Breadcrumbs

 

I guess that as time goes on, we leave parts of ourselves behind.
Sometimes it’s like a limb being hacked off;
splintered, torn, and bloody,
and other times it’s a slow melt,
a fire that is impossible to quench…
and rarely, it’s an easing, world-shattering relief
which snuffs out the pain of memory.
I’m all chopped into pieces.
I’m left in Amherst, in Wichita, and in Bloomington.
I left behind the child who loved to play in the roadside gutters when it rained,
who loved the smell of sunburnt tomatoes and fresh dill,
and who still knew how to balance her world upon her confident shoulders.

We get used to it.
Every cut and slash hurts less,
and the parts are regrown, in a way…
But it’s never the same.
Regrown like cells in a lab,
patched together like a tattered childhood quilt,
a shattered piece of china that was carefully,
too precisely, taped and glued back together.

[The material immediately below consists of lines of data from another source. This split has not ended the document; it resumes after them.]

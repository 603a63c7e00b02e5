ghost use Rattle.std.specs.Prelude.{◌≡◌, length};

use crate::setting::Setting;

// the words of a command line so far: for each setting the place of the word that is its value, where it is given; which flags are
// raised; and the setting whose value is awaited
#[derive(Clone, Copy)]
pub struct Options {
    pub given: [Option<usize>; 10],
    pub raised: [bool; 3],
    pub awaited: Option<Setting>,
    ghost settings: { length given ≡ 10 },
    ghost flags: { length raised ≡ 3 },
}
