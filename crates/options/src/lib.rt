#![tactic(auto)]

pub mod endpoint;
pub mod fault;
pub mod options;
pub mod setting;
pub mod taking;
pub mod words;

I suppose that’s what defines us.
Pieces, sections, projections of what was once whole.
Presenting our eager eyes,
so bright and alight,
to the world,
whose face has also been too tarnished to notice.

But that’s okay.
Because it’s the beauty and humor and difference
that comes out of broken
which makes us whole again,
steady in the chokehold of the world.